How to Qualify for a Low Interest Mortgage

If you are in the market for a house, a low interest mortgage is most likely on your priority list. Paying interest is something that no one looks forward to as a homeowner. The interest on the mortgage that you select will amount to a significant amount of money over 30 years. Therefore, it is in your best interest to get the interest rate as low as possible. It will save you money in the long-term and it will lower your monthly payment significantly. Here are some things that you may need to do in order to qualify for a low interest mortgage. 

Fix Your Credit

One of the most important factors in determining the interest rate that you are offered is your credit file. If you have a high credit score, you will most likely qualify for the best interest rates in the industry. If your score is lower than it should be, you will be charged more for interest or you will not qualify for a loan at all. This means that it should be a major priority for you to get your credit file in the best shape that you can. 
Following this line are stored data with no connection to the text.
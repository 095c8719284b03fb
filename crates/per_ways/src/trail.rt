//! The way from a message to the value that is read or written, which calls move.

use crate::extents::{Extent, OpenAhead};
use crate::path::{Path, Step};
use crate::turns::{Alternatives, Components, Elements};
use rasn_schema::fields::Constructed;
use rasn_schema::items::Place;
use rasn_types::types::Tag;
use std::alloc::{AllocError, Global};

/// A SEQUENCE or a SET that is read or written.
#[derive(Clone, Copy)]
pub struct RecordFrame {
    /// The root components.
    pub root: Components,
    /// The additions, where they don't go on after the root.
    pub added: Option<Components>,
    /// The step to the component that is read or written, or was last.
    pub current: Option<Step>,
    /// Whether the bitmap of the additions is still to be read (X.691 19.7).
    pub bitmap: bool,
    /// Where the bits outside end, while an addition is read or written.
    pub outside: Option<Extent>,
}

impl RecordFrame {
    ghost use Rattle.std.specs.Prelude.{◌≡◌, [], unwrap_or};
    ghost use Rattle.per_ways.specs.Ways.{IsRecordOf, addition_begun, component_absent, component_begun};
    ghost use Rattle.per_ways.specs.Ways.{counted_record};

    /// A record of which nothing was read but its preamble (X.691 19.1), or nothing was written; and whether the
    /// bitmap of its additions is still to be read.
    pub fn new<C: Constructed>(in_tag_order: bool, bitmap: bool) -> Self
        ensures { IsRecordOf C.FIELDS (unwrap_or C.EXTENDED_FIELDS []) in_tag_order bitmap result }
    {
        RecordFrame {
            root: Components::of_root::<C>(in_tag_order),
            added: Some(Components::of_additions::<C>()),
            current: None,
            bitmap,
            outside: None,
        }
    }

    /// A record of a type that is data, of which nothing was read but its preamble, or nothing was written; and
    /// whether the bitmap of its additions is still to be read.
    pub fn counted(bitmap: bool) -> Self
        ensures { result ≡ counted_record bitmap }
    {
        RecordFrame {
            root: Components::counted(),
            added: None,
            current: None,
            bitmap,
            outside: None,
        }
    }

    /// The next component of the root begins, where no addition is read or written.
    pub fn begin(&mut self)
        ensures { self.new ≡ component_begun self.old }
    {
        if self.outside.is_none() {
            self.current = self.root.take();
        }
    }

    /// The next component of the root is absent.
    pub fn skip(&mut self)
        ensures { self.new ≡ component_absent self.old }
    {
        let _ = self.root.take();
    }

    /// The next addition is asked for or given.
    pub fn begin_addition(&mut self)
        ensures { self.new ≡ addition_begun self.old }
    {
        self.current = match &mut self.added {
            Some(added) => added.take(),
            None => self.root.take(),
        };
        self.bitmap = false;
    }
}

/// What is around the value that is read or written.
#[derive(Clone, Copy)]
pub enum Frame {
    /// A SEQUENCE or a SET.
    Record(RecordFrame),
    /// A SEQUENCE OF or a SET OF.
    List(Elements),
    /// A CHOICE that is written, whose alternative is told by the tag of what follows.
    Choice(Alternatives),
    /// The alternative of a CHOICE: the step to it, and where the bits outside its open type end, if it has one.
    Alternative(Step, Option<Extent>),
    /// The value that octets contain, which is reached without a step: where the bits outside end, if they are read.
    Contents(Option<Extent>),
}

impl Frame {
    ghost use Rattle.std.specs.Prelude.{◌≡◌};
    ghost use Rattle.per_ways.specs.Ways.{paused, step_of};

    /// The step from what is around to the value that is read or written, if one is.
    pub fn step(&self) -> Option<Step>
        ensures { result ≡ step_of self.now }
    {
        match self {
            Frame::Record(record) => record.current,
            Frame::List(elements) => elements.step(),
            Frame::Choice(alternatives) => alternatives.step(),
            Frame::Alternative(step, _) => Some(*step),
            Frame::Contents(_) => None,
        }
    }

    /// Nothing that is in it is read or written.
    pub fn pause(&mut self)
        ensures { self.new ≡ paused self.old }
    {
        match self {
            Frame::Record(record) => record.current = None,
            Frame::List(elements) => elements.pause(),
            Frame::Choice(alternatives) => alternatives.pause(),
            _ => {}
        }
    }
}

/// The way from a message to the value that is read or written, and where the bits end that are left to be read; a
/// message that is written has none of these. Once it has stopped it stays as it is.
#[derive(Drop)]
pub struct Trail {
    /// What is around, outermost first, but for the innermost.
    around: Vec<Frame>,
    /// The innermost of what is around, if anything is.
    innermost: Option<Frame>,
    /// Where the bits end that are left.
    extent: Extent,
    /// How many bits are in front of where it stopped.
    stopped: Option<u128>,
}

impl Trail {
    ghost use Rattle.std.specs.Prelude.{◌≡◌, OnOk, OnErr, IfOk, unwrap_or};
    ghost use Rattle.rasn_schema.specs.Structures.{tag_of};
    ghost use Rattle.per_ways.specs.Turns.{element_begun};
    ghost use Rattle.per_ways.specs.Ways.{addition_begun, addition_entered, addition_left, alternative_entered};
    ghost use Rattle.per_ways.specs.Ways.{before_message, begun, begun_under, component_absent};
    ghost use Rattle.per_ways.specs.Ways.{contents_entered, entered, has_bitmap, in_alternative, in_open_type, left};
    ghost use Rattle.per_ways.specs.Ways.{of_list, of_record, paused, steps_of, stopped_at, within};
    ghost use Rattle.per_ways.specs.Trails.{way};

    /// At a message of so many bits, of which nothing was read or written.
    pub fn new(alloc: Global, bits: u128) -> Self
        ensures { way result ≡ before_message bits }
    {
        Trail {
            around: Vec::new(alloc),
            innermost: None,
            extent: Extent::After(bits),
            stopped: None,
        }
    }

    /// Stops where the last `bits` bits are left, if it hasn't stopped.
    pub fn stop(&mut self, bits: u128)
        ensures { way self.new ≡ stopped_at bits (way self.old) }
    {
        let place = self.extent.position(bits);
        self.stopped = Some(self.stopped.unwrap_or(place));
    }

    /// Enters what is around what follows, where the last `bits` bits are left. The only error is want of memory: then
    /// it stops there.
    pub fn enter(&mut self, frame: Frame, bits: u128) -> Result<(), AllocError>
        ensures ok { OnOk result (way self.new ≡ entered frame (way self.old)) }
        ensures err { OnErr result (way self.new ≡ stopped_at bits (way self.old)) }
    {
        if self.stopped.is_some() {
            return Ok(());
        }
        if let Some(outer) = self.innermost {
            if self.around.push(outer).is_err() {
                self.stop(bits);
                return Err(AllocError);
            }
        }
        self.innermost = Some(frame);
        Ok(())
    }

    /// Leaves what is around.
    pub fn leave(&mut self)
        ensures { way self.new ≡ left (way self.old) }
    {
        if self.stopped.is_some() {
            return;
        }
        match self.innermost {
            Some(Frame::Alternative(_, Some(outside))) => self.extent = outside,
            Some(Frame::Contents(Some(outside))) => self.extent = outside,
            _ => {}
        }
        self.innermost = self.around.pop();
    }

    /// A value begins: of a record's root it is the next component.
    pub fn begin(&mut self)
        ensures { way self.new ≡ begun (way self.old) }
    {
        if self.stopped.is_none() {
            if let Some(Frame::Record(record)) = &mut self.innermost {
                record.begin();
            }
        }
    }

    /// A value begins under a tag: of a choice it is the alternative that goes by the tag.
    pub fn begin_under(&mut self, tag: Tag)
        ensures { way self.new ≡ begun_under (tag_of tag) (way self.old) }
    {
        self.begin();
        if self.stopped.is_none() {
            if let Some(Frame::Choice(alternatives)) = &mut self.innermost {
                alternatives.begin(tag);
            }
        }
    }

    /// Nothing that is in the innermost of what is around is read or written.
    pub fn pause(&mut self)
        ensures { way self.new ≡ within paused (way self.old) }
    {
        if self.stopped.is_none() {
            if let Some(frame) = &mut self.innermost {
                frame.pause();
            }
        }
    }

    /// The next component of a record's root is absent.
    pub fn skip(&mut self)
        ensures { way self.new ≡ within (of_record component_absent) (way self.old) }
    {
        if self.stopped.is_none() {
            if let Some(Frame::Record(record)) = &mut self.innermost {
                record.skip();
            }
        }
    }

    /// The next element of a list begins.
    pub fn begin_element(&mut self)
        ensures { way self.new ≡ within (of_list element_begun) (way self.old) }
    {
        if self.stopped.is_none() {
            if let Some(Frame::List(elements)) = &mut self.innermost {
                elements.begin();
            }
        }
    }

    /// Whether the bitmap of the open record's additions is still ahead.
    pub fn has_bitmap_ahead(&self) -> bool
        ensures { result ≡ has_bitmap (way self.now).innermost }
    {
        match &self.innermost {
            Some(Frame::Record(record)) => record.bitmap,
            _ => false,
        }
    }

    /// The next addition of a record is asked for or given.
    pub fn begin_addition(&mut self)
        ensures { way self.new ≡ within (of_record addition_begun) (way self.old) }
    {
        if self.stopped.is_none() {
            if let Some(Frame::Record(record)) = &mut self.innermost {
                record.begin_addition();
            }
        }
    }

    /// Enters the open type of an addition.
    pub fn enter_addition(&mut self, ahead: OpenAhead)
        ensures { way self.new ≡ addition_entered ahead (way self.old) }
    {
        let outside = self.extent;
        if self.stopped.is_none() {
            if let Some(Frame::Record(record)) = &mut self.innermost {
                record.outside = Some(outside);
                self.extent = outside.of_contents(ahead);
            }
        }
    }

    /// Leaves the open type of an addition.
    pub fn leave_addition(&mut self)
        ensures { way self.new ≡ addition_left (way self.old) }
    {
        if self.stopped.is_none() {
            if let Some(Frame::Record(record)) = &mut self.innermost {
                record.current = None;
                if let Some(outside) = record.outside.take() {
                    self.extent = outside;
                }
            }
        }
    }

    /// Enters the alternative at a place, if that is known, and the open type that was ahead of one after the extension
    /// marker, where the last `bits` bits of it are left. The only error is want of memory: then it stops there.
    pub fn enter_alternative(
        &mut self,
        step: Step,
        place: Option<Place>,
        ahead: OpenAhead,
        bits: u128,
    ) -> Result<(), AllocError>
        ensures ok { OnOk result (way self.new ≡ alternative_entered step place ahead (way self.old)) }
        ensures err { OnErr result (way self.new ≡ stopped_at bits (in_alternative place ahead (way self.old))) }
    {
        let outside = self.extent;
        match place {
            Some(Place::Added(_)) => {
                if self.stopped.is_none() {
                    self.extent = outside.of_contents(ahead);
                }
                self.enter(Frame::Alternative(step, Some(outside)), bits)
            }
            _ => self.enter(Frame::Alternative(step, None), bits),
        }
    }

    /// Enters octets that contain a value, where the last `bits` bits of them are left. The only error is want of
    /// memory: then it stops there.
    pub fn enter_contents(&mut self, ahead: OpenAhead, bits: u128) -> Result<(), AllocError>
        ensures ok { OnOk result (way self.new ≡ contents_entered ahead (way self.old)) }
        ensures err { OnErr result (way self.new ≡ stopped_at bits (in_open_type ahead (way self.old))) }
    {
        let outside = self.extent;
        if self.stopped.is_none() {
            self.extent = outside.of_contents(ahead);
        }
        self.enter(Frame::Contents(Some(outside)), bits)
    }

    /// How many bits are in front of where it stopped.
    pub fn bit(&self) -> u128
        ensures { result ≡ unwrap_or (way self.now).stopped 0 }
    {
        self.stopped.unwrap_or(0)
    }

    /// The path of the way's steps. The only error is want of memory for it.
    pub fn into_path(self, alloc: Global) -> Result<Path, AllocError>
        ensures { IfOk result (λ path. path.steps.items ≡ steps_of (way self)) }
    {
        let mut steps = Vec::with_capacity(alloc, self.around.len().saturating_add(1))?;
        for frame in &self.around {
            push_step(&mut steps, frame)?;
        }
        if let Some(frame) = &self.innermost {
            push_step(&mut steps, frame)?;
        }
        Ok(Path { steps })
    }
}

ghost use Rattle.std.specs.Prelude.{◌≡◌, ◌++◌, OnOk, option_to_list};
ghost use Rattle.per_ways.specs.Ways.{step_of};

/// Appends the step from what is around to the value that is read or written, if one is.
fn push_step(steps: &mut Vec<Step>, frame: &Frame) -> Result<(), AllocError>
    ensures { OnOk result (steps.new.items ≡ steps.old.items ++ option_to_list (step_of frame.now)) }
{
    if let Some(step) = frame.step() {
        steps.push(step)?;
    }
    Ok(())
}
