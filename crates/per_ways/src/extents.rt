//! Which bits of a message a decoder has left, whose open types hide what is after them.

ghost use Rattle.std.specs.Prelude.{◌≡◌};
ghost use Rattle.per_ways.specs.Extents.{contents_end, position_of};

/// An open type that is still to be read (X.691 11.2).
#[derive(Clone, Copy)]
pub enum OpenAhead {
    /// So many bits are after its contents.
    InPlace(u128),
    /// Its contents are in fragments, or there are none, and from its first length on there are so many bits.
    Gathered(u128),
}

/// Where the bits end that a decoder has left.
#[derive(Clone, Copy)]
pub enum Extent {
    /// After so many first bits of the message.
    After(u128),
    /// They are those of an open type in fragments, in front of which so many bits stand.
    Gathered(u128),
}

impl Extent {
    /// How many of the message's bits are in front of the last `left` ones here.
    pub fn position(self, left: u128) -> u128
        ensures { result ≡ position_of self left }
    {
        match self {
            Extent::After(end) => end.saturating_sub(left),
            Extent::Gathered(bit) => bit,
        }
    }

    /// Where the contents of an open type end that is here.
    pub fn of_contents(self, ahead: OpenAhead) -> Extent
        ensures { result ≡ contents_end self ahead }
    {
        match (self, ahead) {
            (Extent::After(_), OpenAhead::InPlace(left)) => Extent::After(self.position(left)),
            (Extent::After(_), OpenAhead::Gathered(left)) => Extent::Gathered(self.position(left)),
            (Extent::Gathered(bit), _) => Extent::Gathered(bit),
        }
    }
}
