//! The encoder of JSON, behind the trait of encoders.

ghost use Rattle.std.specs.Prelude.{◌≡◌, ◌⊎◌, true, false, IfOk, OnErr};
ghost use Rattle.rasn_jer.specs.Frames.{inside, is_full};
ghost use Rattle.rasn_jer.specs.Rules.{jer_rules};
ghost use Rattle.rasn_jer.specs.declared.error.EncodeError.TheVariants.{AlreadyFailed};
ghost use Rattle.rasn_jer.specs.declared.frame.Kind.TheVariants.{One};

use crate::error::EncodeError;
use crate::frame::{Frame, Kind};
use crate::schemas::{count_of, has_alternative, least_count, members_of, ordered_members_of};
use crate::texts::{
    AlternativeName, bits, chosen_member, day, generalized_time, identifier, item,
    name_of_alternative, named_bits, named_member, nothing, quoted, scalars, truth, utc_time,
    whole,
};
use rasn_schema::choices::Choice;
use rasn_schema::enumerated::Enumerated;
use rasn_schema::fields::{AdditionGroup, Constructed};
use rasn_schema::items;
use rasn_schema::schema::{Constraints, IntegerType};
use rasn_strings::civil::{CivilDate, GeneralizedMoment, UtcMoment};
use rasn_strings::strings::StaticPermittedAlphabet;
use rasn_traits::encoder;
use rasn_types::bit_string::BitString;
use rasn_types::octet_strings::{Any, GeneralString, GraphicString, TeletexString};
use rasn_types::types::{Codec, Identifier, Tag};
use std::alloc::Allocator;
use std::marker::Model;

/// Writes a value as JSON.
#[derive(Drop)]
pub struct Encoder<A: Allocator + Copy> {
    pub(crate) alloc: A,
    pub(crate) place: Frame<A>,
    pub(crate) failed: bool,
}

impl<A: Allocator + Copy> Model for Encoder<A> {
    ghost use Rattle.rasn_jer.specs.Frames.{JsonState};

    ghost Value = { JsonState };

    ghost view = { λ a. record { place = a.place; failed = a.failed } };
}

impl<A: Allocator + Copy> Encoder<A> {
    /// An encoder that has written nothing. It takes no memory yet; its text is kept in memory of `alloc`.
    pub fn new(alloc: A) -> Self
        ensures { result ≡ inside One }
    {
        Encoder {
            alloc,
            place: Frame::new(alloc, Kind::One),
            failed: false,
        }
    }

    /// The text of the value that was written; `OutOfTurn` where none was, or where something is still open.
    pub fn output(self) -> Result<Vec<u8, A>, EncodeError>
        ensures ok { IfOk result (λ text. text.items ≡ self.place.text) }
        ensures err { OnErr result ((self.failed ≡ true) ⊎ (is_full self.place ≡ false)) }
    {
        let Encoder { place, failed, .. } = self;
        if failed {
            return Err(EncodeError::AlreadyFailed);
        }
        if !place.is_full() {
            return Err(EncodeError::OutOfTurn);
        }
        Ok(place.into_text())
    }
}
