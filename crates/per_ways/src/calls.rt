//! How the trail moves when calls of a decoder or of an encoder are answered: by whether the answer was Ok, where the
//! last `bits` bits are left then. A refusal stops it.

use crate::trail::{Frame, Trail};
use rasn_types::types::Tag;
use std::alloc::AllocError;

impl Trail {
    ghost use Rattle.std.specs.Prelude.{◌≡◌, OnOk, OnErr};
    ghost use Rattle.rasn_schema.specs.Structures.{tag_of};
    ghost use Rattle.per_ways.specs.Trails.{way};
    ghost use Rattle.per_ways.specs.Ways.{addition_left, answered, begun, begun_under, entered, gone_on, left, paused};
    ghost use Rattle.per_ways.specs.Ways.{stays, stopped_at, told_of, within};

    /// After a call that moves nothing.
    pub fn seen(&mut self, is_ok: bool, bits: u128)
        ensures { way self.new ≡ answered is_ok bits stays (way self.old) }
    {
        if !is_ok {
            self.stop(bits);
        }
    }

    /// After a call with which a value begins.
    pub fn begun(&mut self, is_ok: bool, bits: u128)
        ensures { way self.new ≡ answered is_ok bits stays (begun (way self.old)) }
    {
        self.begin();
        self.seen(is_ok, bits);
    }

    /// After a call with which a value begins under a tag.
    pub fn begun_under(&mut self, tag: Tag, is_ok: bool, bits: u128)
        ensures { way self.new ≡ answered is_ok bits stays (begun_under (tag_of tag) (way self.old)) }
    {
        self.begin_under(tag);
        self.seen(is_ok, bits);
    }

    /// After a call with which a value begins, and that opens what is around what follows. The only error is want of
    /// memory: then it stops.
    pub fn opened(&mut self, frame: Frame, is_ok: bool, bits: u128) -> Result<(), AllocError>
        ensures ok { OnOk result (way self.new ≡ answered is_ok bits (entered frame) (begun (way self.old))) }
        ensures err { OnErr result (way self.new ≡ stopped_at bits (begun (way self.old))) }
    {
        self.begin();
        self.opened_now(frame, is_ok, bits)
    }

    /// After a call with which a value begins under a tag, and that opens what is around what follows. The only error
    /// is want of memory: then it stops.
    pub fn opened_under(
        &mut self,
        tag: Tag,
        frame: Frame,
        is_ok: bool,
        bits: u128,
    ) -> Result<(), AllocError>
        ensures ok { OnOk result (way self.new ≡
            answered is_ok bits (entered frame) (begun_under (tag_of tag) (way self.old))) }
        ensures err { OnErr result (way self.new ≡ stopped_at bits (begun_under (tag_of tag) (way self.old))) }
    {
        self.begin_under(tag);
        self.opened_now(frame, is_ok, bits)
    }

    /// After a call that opens what is around what follows.
    fn opened_now(&mut self, frame: Frame, is_ok: bool, bits: u128) -> Result<(), AllocError>
        ensures ok { OnOk result (way self.new ≡ answered is_ok bits (entered frame) (way self.old)) }
        ensures err { OnErr result (way self.new ≡ stopped_at bits (way self.old)) }
    {
        if is_ok {
            return self.enter(frame, bits);
        }
        self.stop(bits);
        Ok(())
    }

    /// After a call that closes the innermost of what is around.
    pub fn closed(&mut self, is_ok: bool, bits: u128)
        ensures { way self.new ≡ answered is_ok bits left (way self.old) }
    {
        if is_ok {
            self.leave();
        } else {
            self.stop(bits);
        }
    }

    /// After a call that closes the open type of an addition.
    pub fn closed_addition(&mut self, is_ok: bool, bits: u128)
        ensures { way self.new ≡ answered is_ok bits addition_left (way self.old) }
    {
        if is_ok {
            self.leave_addition();
        } else {
            self.stop(bits);
        }
    }

    /// After a call that tells whether the next component of a record's root is there.
    pub fn told_of(&mut self, is_there: bool, is_ok: bool, bits: u128)
        ensures { way self.new ≡ answered is_ok bits stays (told_of is_there (within paused (way self.old))) }
    {
        self.pause();
        if !is_there {
            self.skip();
        }
        self.seen(is_ok, bits);
    }

    /// After a call that goes on to a list's next element, or tells that there is none: `Some` of whether there is one,
    /// where it wasn't refused.
    pub fn gone_on(&mut self, answer: Option<bool>, bits: u128)
        ensures { way self.new ≡ gone_on answer bits (within paused (way self.old)) }
    {
        self.pause();
        match answer {
            Some(true) => self.begin_element(),
            Some(false) => self.leave(),
            None => self.stop(bits),
        }
    }
}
Fixing your credit is not something that you can do overnight. There is no magic button that will allow you to fix your credit. Therefore, if your score is low, it may take a while to raise it back up. This might take you months or years to fix. You will have to be patient and know that you will be making a big difference on the mortgage that you can qualify for as a result.

Get a Cosigner

Something else that may help you secure a low interest rate is to get a cosigner on the loan. This step may be difficult as you will have to convince someone to go out on a limb for you financially. When you get a cosigner, the lender will look at both credit files. They will want to see at least one of you have a good credit score. They will also consider both incomes for the loan. This can be a good strategy if you have a family member or loved one that trusts you enough to sign the loan for you. However, if you default on the loan, they will be responsible for the money. 

Buy Points

Another way to get a lower interest rate on your mortgage is to buy points. When you buy points on a mortgage, you are essentially buying down the interest rate. The bank wants to get their money one way or another. This means that they will try and get the money upfront in the form of points instead of over the life of the loan in interest.

One point is equal to 1% of the mortgage balance. So if you borrow $200,000 for a mortgage, each point will be $2000. The more money you put up in the form of points, the cheaper your interest rate will be on your mortgage.